Return exactly and only these lines: the first of the listing through the one containing "use crate::wish::Halt;".
*** Begin section ***
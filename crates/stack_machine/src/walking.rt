//! A call of the library goes on, up to the next action that is wanted, or to its end.

ghost use Rattle.std.specs.Prelude.{◌≡◌, ◌<◌, ℕ, List, Option, IfOk, IfSome, IsTrue, OnOk, false, Some, None};
ghost use Rattle.block_layout.specs.declared.kind.Kind.{Kind};
ghost use Rattle.upc_values.specs.Formed as formed;
ghost use Rattle.upc_values.specs.declared.action.Reply.{Reply};
ghost use Rattle.thread_values.specs.layer.Asking.{IsHeldReply};
ghost use Rattle.upc_library.specs.layer.Wishes.{IsWish, RefusesSo};
ghost use Rattle.upc_library.specs.declared.copying.CopyWish.TheVariants as wishes;
ghost use Rattle.stack_machine.specs.code.Bodies.{Body};
ghost use Rattle.stack_machine.specs.code.Calls.{left_of, turns_left, replies_there, IsUnfinished, WritesHeld};
ghost use Rattle.stack_machine.specs.code.Calls.{ActsOnly, fits_read};
ghost use Rattle.stack_machine.specs.code.Kept.{HoldsHeld};
ghost use Rattle.stack_machine.specs.code.Walking.{IsInside, IsHalted, IsAnswered, IsAnsweredOrOver};
ghost use Rattle.stack_machine.specs.code.Walking.{HasGoneOn, IsWalked, IsRefusal, IfGoing};

use crate::open_calls::Walk;
use crate::progress::Progress;
use crate::wish::Halt;
use block_layout::{Kind, LocalPtr};
use stack_code::Code;
use std::alloc::Global;
use thread_values::{is_read, kept, reply_fits, scalar_of};
use upc_library::CopyWish;
use upc_text::Place;
use upc_values::{Action, Refused, Reply, Scalar, Value};

// Whether a reply gives a value that a read of a cell of this kind may give.
fn fits_read(code: &Code, kind: Option<Kind>, reply: &Reply) -> bool
    ensures value { result ≡ fits_read code.now.threads code.now.shapes kind reply.now }
    ensures held { IsTrue result → IsHeldReply code.now.threads code.now.shapes reply.now }
{
    match (reply, kind) {
        (Reply::Value(v), Some(kind)) => is_read(code.threads(), code.shapes(), kind, v),
        _ => false,
    }
}

// Whether a reply fits an action, where a read is of a cell of this kind.
fn fits(code: &Code, kind: Option<Kind>, action: &Action, reply: &Reply) -> bool
    ensures value { result ≡ formed.fits code.now.threads code.now.shapes kind action.now reply.now }
    ensures held { IsTrue result → IsHeldReply code.now.threads code.now.shapes reply.now }
{
    match action {
        Action::Read { .. } => fits_read(code, kind, reply),
        _ => reply_fits(code.threads(), code.shapes(), action, reply),
    }
}

impl Progress {
    // An action is answered by the reply that is there.
    fn act(&mut self, walk: &Walk, action: Action, place: Place, code: &Code) -> Result<Reply, Halt>
        requires { IsWish (left_of code.now.shapes walk.now) (wishes.Act action) }
        ensures goes { (thread budget : ℕ) (given : List Reply) (b : Body)
            → IsInside code.now thread budget given place (left_of code.now.shapes walk.now) b self.old
            → IsAnswered code.now thread budget given place (left_of code.now.shapes walk.now) b result self.new }
        ensures held { IfOk result (IsHeldReply code.now.threads code.now.shapes) }
        ensures kept { self.new ≡ record self.old { reply = self.new.reply } }
        ensures taken { OnOk result (replies_there self.new.reply < replies_there self.old.reply) }
    {
        match self.reply.take() {
            None => Err(Halt::Asks(action, self.ticks)),
            Some(reply) => {
                if !fits(code, walk.reads(), &action, &reply) {
                    return Err(Halt::Memory);
                }
                Ok(reply)
            }
        }
    }

    // A private cell is read.
    fn load_cell(
        &self,
        walk: &Walk,
        p: LocalPtr,
        kind: Kind,
        place: Place,
        code: &Code,
    ) -> Result<Reply, Halt>
        requires wish { IsWish (left_of code.now.shapes walk.now) (wishes.LoadPrivate p kind) }
        requires store { HoldsHeld code.now.threads code.now.shapes self.now.store }
        ensures goes { (thread budget : ℕ) (given : List Reply) (b : Body)
            → IsInside code.now thread budget given place (left_of code.now.shapes walk.now) b self.now
            → IsAnswered code.now thread budget given place (left_of code.now.shapes walk.now) b result self.now }
        ensures held { IfOk result (IsHeldReply code.now.threads code.now.shapes) }
    {
        match p {
            LocalPtr::Shared { .. } => Err(Halt::Memory),
            _ => match self.store.load(&p, kind) {
                Err(error) => Err(self.fault(error, place)),
                Ok(v) => Ok(Reply::Value(scalar_of(&v))),
            },
        }
    }

    // A private cell is written.
    fn save_cell(
        &mut self,
        walk: &Walk,
        p: LocalPtr,
        kind: Kind,
        v: Scalar,
        place: Place,
        code: &Code,
    ) -> Result<Reply, Halt>
        requires wish { IsWish (left_of code.now.shapes walk.now) (wishes.StorePrivate p kind v) }
        requires store { HoldsHeld code.now.threads code.now.shapes self.old.store }
        requires values { WritesHeld code.now.threads code.now.shapes (left_of code.now.shapes walk.now) }
        ensures goes { (thread budget : ℕ) (given : List Reply) (b : Body)
            → IsInside code.now thread budget given place (left_of code.now.shapes walk.now) b self.old
            → IsAnswered code.now thread budget given place (left_of code.now.shapes walk.now) b result self.new }
        ensures held { IfOk result (IsHeldReply code.now.threads code.now.shapes) }
        ensures store { HoldsHeld code.now.threads code.now.shapes self.new.store }
        ensures kept { self.new ≡ record self.old { store = self.new.store } }
    {
        match p {
            LocalPtr::Shared { .. } => Err(Halt::Memory),
            _ => match self.store.store(&p, kind, kept(kind, Value::Scalar(v))) {
                Err(error) => Err(self.fault(error, place)),
                Ok(()) => Ok(Reply::Done),
            },
        }
    }

    // What the call asks for is done, if it asks for anything.
    fn answer(
        &mut self,
        walk: &Walk,
        wish: CopyWish,
        place: Place,
        code: &Code,
    ) -> Result<Option<Reply>, Halt>
        requires wish { IsWish (left_of code.now.shapes walk.now) wish }
        requires store { HoldsHeld code.now.threads code.now.shapes self.old.store }
        requires values { WritesHeld code.now.threads code.now.shapes (left_of code.now.shapes walk.now) }
        ensures goes { (thread budget : ℕ) (given : List Reply) (b : Body)
            → IsInside code.now thread budget given place (left_of code.now.shapes walk.now) b self.old
            → IsAnsweredOrOver code.now thread budget given place (left_of code.now.shapes walk.now) b result self.new }
        ensures held { IfOk result (λ r. IfSome r (IsHeldReply code.now.threads code.now.shapes)) }
        ensures store { HoldsHeld code.now.threads code.now.shapes self.new.store }
        ensures kept { self.new ≡ record self.old { store = self.new.store; reply = self.new.reply } }
        ensures unfinished { IfOk result (λ r. IfSome r (λ _. IsUnfinished (left_of code.now.shapes walk.now))) }
        ensures taken { IfOk result (λ r. IfSome r (λ _. ActsOnly (left_of code.now.shapes walk.now)
            → replies_there self.new.reply < replies_there self.old.reply)) }
    {
        let answer = match wish {
            CopyWish::Finished => return Ok(None),
            CopyWish::Act(action) => self.act(walk, action, place, code),
            CopyWish::LoadPrivate(p, kind) => self.load_cell(walk, p, kind, place, code),
            CopyWish::StorePrivate(p, kind, v) => self.save_cell(walk, p, kind, v, place, code),
        };
        match answer {
            Err(halt) => Err(halt),
            Ok(reply) => Ok(Some(reply)),
        }
    }

    // How a call ends that is refused so.
    pub(crate) fn refused(&self, refused: Refused, place: Place) -> Halt
        ensures { IsRefusal refused place self.now.ticks result }
    {
        match refused {
            Refused::Error(code) => self.fault(code, place),
            Refused::Memory => Halt::Memory,
        }
    }

    // One thing that the call asks for is done. Whether the call is over.
    fn walk_one(
        &mut self,
        walk: &mut Walk,
        place: Place,
        code: &Code,
        alloc: Global,
    ) -> Result<bool, Halt>
        requires store { HoldsHeld code.now.threads code.now.shapes self.old.store }
        requires values { WritesHeld code.now.threads code.now.shapes (left_of code.now.shapes walk.old) }
        ensures goes { (thread budget : ℕ) (given : List Reply) (b : Body)
            → IsInside code.now thread budget given place (left_of code.now.shapes walk.old) b self.old
            → HasGoneOn code.now thread budget given place (left_of code.now.shapes walk.new) b result self.new }
        ensures values { IfGoing result
            (WritesHeld code.now.threads code.now.shapes (left_of code.now.shapes walk.new)) }
        ensures store { HoldsHeld code.now.threads code.now.shapes self.new.store }
        ensures kept { self.new ≡ record self.old { store = self.new.store; reply = self.new.reply } }
        ensures falls { IfOk result (λ over. over ≡ false
            → turns_left walk.new self.new.reply < turns_left walk.old self.old.reply) }
    {
        let wish = walk.wish(alloc)?;
        match self.answer(walk, wish, place, code) {
            Err(halt) => Err(halt),
            Ok(None) => Ok(true),
            Ok(Some(reply)) => match walk.take(alloc, &reply, code.shapes()) {
                Err(e) => Err(self.refused(e, place)),
                Ok(()) => Ok(false),
            },
        }
    }

    /// The call goes on, up to the next action that is wanted, or to its end.
    pub(crate) fn walk_on(
        &mut self,
        walk: &mut Walk,
        place: Place,
        code: &Code,
        alloc: Global,
    ) -> Result<(), Halt>
        requires store { HoldsHeld code.now.threads code.now.shapes self.old.store }
        requires values { WritesHeld code.now.threads code.now.shapes (left_of code.now.shapes walk.old) }
        ensures goes { (thread budget : ℕ) (given : List Reply) (b : Body)
            → IsInside code.now thread budget given place (left_of code.now.shapes walk.old) b self.old
            → IsWalked code.now thread budget given place (left_of code.now.shapes walk.new) b result self.new }
        ensures values { IfGoing result
            (WritesHeld code.now.threads code.now.shapes (left_of code.now.shapes walk.new)) }
        ensures store { HoldsHeld code.now.threads code.now.shapes self.new.store }
        ensures kept { self.new ≡ record self.old { store = self.new.store; reply = self.new.reply } }
    {
        loop {
            match self.walk_one(walk, place, code, alloc) {
                Err(halt) => return Err(halt),
                Ok(true) => return Ok(()),
                Ok(false) => {}
            }
        }
    }
}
*** End section ***
__EXERCISE ANSWER__
filename crates/stack_machine/src/walking.rt
//! A call of the library goes on, up to the next action that is wanted, or to its end.

ghost use Rattle.std.specs.Prelude.{◌≡◌, ◌<◌, ℕ, List, Option, IfOk, IfSome, IsTrue, OnOk, false, Some, None};
ghost use Rattle.block_layout.specs.declared.kind.Kind.{Kind};
ghost use Rattle.upc_values.specs.Formed as formed;
ghost use Rattle.upc_values.specs.declared.action.Reply.{Reply};
ghost use Rattle.thread_values.specs.layer.Asking.{IsHeldReply};
ghost use Rattle.upc_library.specs.layer.Wishes.{IsWish, RefusesSo};
ghost use Rattle.upc_library.specs.declared.copying.CopyWish.TheVariants as wishes;
ghost use Rattle.stack_machine.specs.code.Bodies.{Body};
ghost use Rattle.stack_machine.specs.code.Calls.{left_of, turns_left, replies_there, IsUnfinished, WritesHeld};
ghost use Rattle.stack_machine.specs.code.Calls.{ActsOnly, fits_read};
ghost use Rattle.stack_machine.specs.code.Kept.{HoldsHeld};
ghost use Rattle.stack_machine.specs.code.Walking.{IsInside, IsHalted, IsAnswered, IsAnsweredOrOver};
ghost use Rattle.stack_machine.specs.code.Walking.{HasGoneOn, IsWalked, IsRefusal, IfGoing};

use crate::open_calls::Walk;
use crate::progress::Progress;
use crate::wish::Halt;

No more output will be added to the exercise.